All of this made me realise that in a way there is no solution to severe eczema because it is a ‘spiritual’ dis-ease – it is meant to bring you to a point of complete despair where your mind has no more solutions and basically surrenders to what is. So I was trying to surrender but I realised that I was still imagining an ‘I’ who has to surrender and it wasn’t working. So then I just gave up pretending that I knew anything about anything, admitted I didn’t know what to do, didn’t know how to surrender, didn’t know who I was etc etc. And in this way I really surrendered and there was a breakthrough – and I realised that the eczema had been leading me to this point of surrender all along.
There is the desire to be cured of the eczema, and there is the fact that one has it, and these are two opposites fighting each other. This produces great despair, but in fact rather than being a negative thing, this is actually the only thing which allows one to transcend the mind and its solutions (‘if I try this, maybe I’ll be cured…’).

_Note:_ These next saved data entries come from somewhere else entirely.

//! Reads and writes through readers and writers of the standard library.

use crate::devices::Listed;
use mst_pair::sink::{Sink, ToWrite};
use mst_pair::source::{Failed, FromRead, Source};
use std::test::Fail;

#[test]
fn fails_after_its_reads(rt: HostRuntime) {
    let mut reader = FromRead::with_reads(b"abc".as_slice(), 2);
    let mut buf = [0];
    for byte in [b'a', b'b'] {
        assert!(rt; reader.read(&mut buf) == Ok(1));
        assert!(rt; buf == [byte]);
    }
    assert!(rt; reader.read(&mut buf) == Err(Failed));
    assert!(rt; reader.failed());
    assert!(rt; reader.into_inner() == b"c".as_slice());
}

/// What a device answers to calls for four bytes, and what a source or a sink over it answers: the same, until the first error.
const ANSWERS: [(Option<usize>, Result<usize, Failed>); 7] = [
    (Some(2), Ok(2)),
    (Some(4), Ok(4)),
    (Some(1), Ok(1)),
    (Some(3), Ok(3)),
    (None, Err(Failed)),
    (Some(2), Err(Failed)),
    (None, Err(Failed)),
];

#[test]
fn answers_an_error_only_where_its_device_does(rt: HostRuntime) {
    let answers = ANSWERS.map(|row| row.0);
    let mut reader = FromRead::new(Listed { answers: &answers });
    let mut writer = ToWrite::new(Listed { answers: &answers });
    for (_, wanted) in ANSWERS {
        assert!(rt; reader.read(&mut [0; 4]) == wanted);
        assert!(rt; writer.write(b"four") == wanted);
    }
    let mut writer = ToWrite::new(Listed {
        answers: &answers[3..],
    });
    assert!(rt; writer.flush() == Ok(()));
    assert!(rt; writer.flush() == Err(Failed));
}

#[test]
fn hands_the_writer_back(rt: HostRuntime) -> Result<(), Fail> {
    let mut writer = ToWrite::new(Vec::new(rt.alloc()));
    assert!(rt; writer.write(b"ok") == Ok(2));
    assert!(rt; writer.into_inner().as_slice() == b"ok".as_slice());
    Ok(())
}
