//! Whole runs over devices in memory.

use crate::devices::serve;
use mst_pair::run::run;
use mst_pair::sink::{Sink, ToWrite};
use mst_pair::source::{FromRead, Source};
use std::alloc::Global;
use std::fmt::Write;
use std::test::Fail;

/// Lines with a pull by each replica: a pulls from b, then b from a.
pub const PULLS: (&[u8], &[u8]) = (
    b"put a donkey 1\nput b bananas 1\nput b pl\xc3\xa1tanos 1\ndiff a\npull a\nkeys a\nsame\npull b\nsame\n",
    b"ok\nok\nok\nbananas pl\xc3\xa1tanos\nend\nbananas pl\xc3\xa1tanos\nend\njoined 2\nbananas 1\ndonkey 1\npl\xc3\xa1tanos 1\nend\ndiffer\nbananas pl\xc3\xa1tanos\nend\njoined 3\nsame\n",
);

const ROWS: [(&[u8], &[u8]); 24] = [
    (
        b"put a k 1\nkeys a\nkeys b\nhello\n",
        b"ok\nk 1\nend\nend\nbad line\n",
    ),
    // a row is taken out, and a pull may bring it back
    (
        b"put a x 1\nput b x 5\ndel a x\ndel a x\nkeys a\npull a\nkeys a\n",
        b"ok\nok\nok\nabsent\nend\nx x\nend\njoined 1\nx 5\nend\n",
    ),
    (
        b"del a\ndel c x\ndel a \ndel a x y\ndel\ndel b x\n",
        b"bad line\nbad line\nbad line\nbad line\nbad line\nabsent\n",
    ),
    // no input, and a last line without a newline
    (b"", b""),
    (b"keys a", b"end\n"),
    // wrong lines
    (
        b"put c x 1\nput a x\n\nput a  1\nturns 10\nput a x 18446744073709551616\nput a \xff 1\n",
        b"bad line\nbad line\nbad line\nbad line\nbad line\nbad line\nbad line\n",
    ),
    (
        b"put a x 1 \nput a x -1\nput a x +1\nput a x\t1\nput a \x7f 1\nkeys\nkeys c\nkeys a \nPUT a x 1\n",
        b"bad line\nbad line\nbad line\nbad line\nbad line\nbad line\nbad line\nbad line\nbad line\n",
    ),
    // a key that is there keeps the greater number
    (
        b"put a x 18446744073709551615\nput a x 5\nput a x 007\nkeys a\npages a\n",
        b"ok\nok\nok\nx 18446744073709551615\nend\nx x\nend\n",
    ),
    (
        b"put a x 5\nput a x 7\nkeys a\nkeys b\n",
        b"ok\nok\nx 7\nend\nend\n",
    ),
    // at most twenty digits
    (
        b"put a x 00000000000000000007\nkeys a\nput a x 000000000000000000007\n",
        b"ok\nx 7\nend\nbad line\n",
    ),
    // the order of the keys' bytes
    (
        b"put b b 1\nput b \xc3\xa9 2\nput b ab 3\nput b a 4\nput b Z 5\nkeys b\n",
        b"ok\nok\nok\nok\nok\nZ 5\na 4\nab 3\nb 1\n\xc3\xa9 2\nend\n",
    ),
    PULLS,
    // the same rows, whatever order they came in
    (
        b"same\nput a k 1\nsame\nput b k 1\nsame\n",
        b"same\nok\ndiffer\nok\nsame\n",
    ),
    // the page of one key, and no page
    (
        b"pages a\nput a x 7\npages a\npages b\ndiff a\ndiff b\n",
        b"end\nok\nx x\nend\nend\nend\nx x\nend\n",
    ),
    // turns of empty replicas
    (
        b"turns 2\nturns 0\nturns 10\n",
        b"joined 0\njoined 0\nend\nend\nbad line\n",
    ),
    // four turns are needed
    (
        b"put a k0001 1\nput a k0004 1\nput a k0005 1\nput b k0003 1\nput b k0007 1\nturns 4\nsame\nkeys b\n",
        b"ok\nok\nok\nok\nok\njoined 0\njoined 1\njoined 3\njoined 5\nend\nsame\nk0001 1\nk0003 1\nk0004 1\nk0005 1\nk0007 1\nend\n",
    ),
    // the root hash of no row, and a last line without a newline
    (
        b"root a\nroot b\nsame",
        b"UEnXR4Cj4H1CAqtH1M7y9A==\nUEnXR4Cj4H1CAqtH1M7y9A==\nsame\n",
    ),
    // words with wrong arguments
    (
        b"root\nroot \nroot c\nroot ab\nroot a \nroot  a\npages\npages x\ndiff a b\npull\npull A\nsame \nsame a\nsames\n",
        b"bad line\nbad line\nbad line\nbad line\nbad line\nbad line\nbad line\nbad line\nbad line\nbad line\nbad line\nbad line\nbad line\nbad line\n",
    ),
    (
        b"turns\nturns \nturns x\nturns -1\nturns 1 \nturns /\nturns :\nTurns 1\nput\nput a\nput k 1\n",
        b"bad line\nbad line\nbad line\nbad line\nbad line\nbad line\nbad line\nbad line\nbad line\nbad line\nbad line\n",
    ),
    // page formats: a replica without rows can change it, and others keep it
    (
        b"put a x 1\nformat 2\ndel a x\nformat 2\nput a x 1\nput b x 1\nsame\nformat 3\n",
        b"ok\nnot empty\nok\nok\nok\nok\nsame\nbad line\n",
    ),
    (
        b"put b x 1\nformat 1\nformat 2\ndel b x\nformat 2\nroot b\nformat 1\nroot b\n",
        b"ok\nnot empty\nnot empty\nok\nok\n9/FwCJ+cWkM577LEunsrHQ==\nok\nUEnXR4Cj4H1CAqtH1M7y9A==\n",
    ),
    (
        b"format\nformat \nformat 0\nformat 3\nformat 12\nformat 1 \nformat  1\nformat a\nformat a 1\nFormat 1\n",
        b"bad line\nbad line\nbad line\nbad line\nbad line\nbad line\nbad line\nbad line\nbad line\nbad line\n",
    ),
    // rows are taken out in format 2 as in format 1
    (
        b"format 2\nput a x 1\nput b x 5\ndel a x\ndel a x\nkeys a\npull a\nkeys a\n",
        b"ok\nok\nok\nok\nabsent\nend\nx x\nend\njoined 1\nx 5\nend\n",
    ),
    // pulls by turns in format 2
    (
        b"format 2\nput a k0001 1\nput a k0004 1\nput a k0005 1\nput b k0003 1\nput b k0007 1\nturns 4\nsame\nkeys b\n",
        b"ok\nok\nok\nok\nok\nok\njoined 0\njoined 1\njoined 3\njoined 5\nend\nsame\nk0001 1\nk0003 1\nk0004 1\nk0005 1\nk0007 1\nend\n",
    ),
];

#[test]
fn answers_each_line(rt: HostRuntime) {
    for (input, output) in ROWS {
        for piece in [1, 7, 10_000] {
            let (result, taken) = serve(rt.alloc(), input, piece, false, 1024, false);
            assert!(rt; result == Ok(()));
            assert!(rt; taken.as_slice() == output, "in pieces of {piece}");
        }
    }
}

/// The line `put a KEY 18446744073709551615` with a key of `count` bytes.
fn long_line(alloc: Global, count: usize) -> Result<Vec<u8>, Fail> {
    let mut line = Vec::from_slice(alloc, b"put a ")?;
    line.extend_from_slice(&vec![in alloc; b'k'; count]?)?;
    line.extend_from_slice(b" 18446744073709551615\n")?;
    Ok(line)
}

#[test]
fn tells_long_lines(rt: HostRuntime) -> Result<(), Fail> {
    for (count, output) in [(255, b"ok\n".as_slice()), (256, b"bad line\n".as_slice())] {
        let line = long_line(rt.alloc(), count)?;
        assert!(rt; line.len() == count + 28);
        let (result, taken) = serve(rt.alloc(), &line, 1000, false, 1024, false);
        assert!(rt; result == Ok(()));
        assert!(rt; taken.as_slice() == output, "a key of {count} bytes");
    }
    let line = vec![in rt.alloc(); b'z'; 100_000]?;
    let (result, taken) = serve(rt.alloc(), &line, 4096, false, 1024, false);
    assert!(rt; result == Ok(()));
    assert!(rt; taken.as_slice() == b"bad line\n".as_slice());
    Ok(())
}

#[test]
fn shows_many_rows_in_order(rt: HostRuntime) -> Result<(), Fail> {
    let mut input = String::new(rt.alloc());
    let mut wanted = String::new(rt.alloc());
    for number in (0..1000).rev() {
        writeln!(input, "put b {number:04} {number}")?;
        wanted.push_str("ok\n")?;
    }
    for number in 0..1000 {
        writeln!(wanted, "{number:04} {number}")?;
    }
    input.push_str("keys b\n")?;
    wanted.push_str("end\n")?;
    let mut output = Vec::new(rt.alloc());
    let mut reader = FromRead::new(input.as_bytes());
    let mut writer = ToWrite::new(&mut output);
    assert_eq!(rt; run(rt.alloc(), &mut reader, &mut writer), Ok(()));
    assert!(rt; !reader.failed() && !writer.failed());
    assert!(rt; output.as_slice() == wanted.as_bytes());
    Ok(())
}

Also this is a paradox because I believe that the only way to be cured is to surrender totally to the fact that one wants to be cured but cannot be.
The next day I felt like a weight had been lifted from me, there was no more despair at a deep level, I felt like I had understood that life is always pushing us into these ‘no exit’ situations and this is the only thing which allows true breakthroughs to happen. Also we can see this in the situation in the world today; we are being pushed as a species towards a crisis point of utter despair, and from there the new solutions will arise.
The Zen masters understood this when they set ‘koans’ for students: questions with no answer, like the famous ‘what is the sound of one hand clapping?’ – they knew the students would be pushed into a breakthrough by the tension created by this unsolvable problem.
So I guess that in a way, eczema is a koan…”.
So if eczema is a koan, it is a brutal one, and possibly one which comes to pass when the individual has been out of balance for a long time. It is said that we can choose the ‘path of Wisdom or the path of Woe’ – eczema is definitely the path of Woe, but the point is, they both lead to the same place – where we only know that we actually don’t know, and our precious self-importance has been dampened or even extinguished.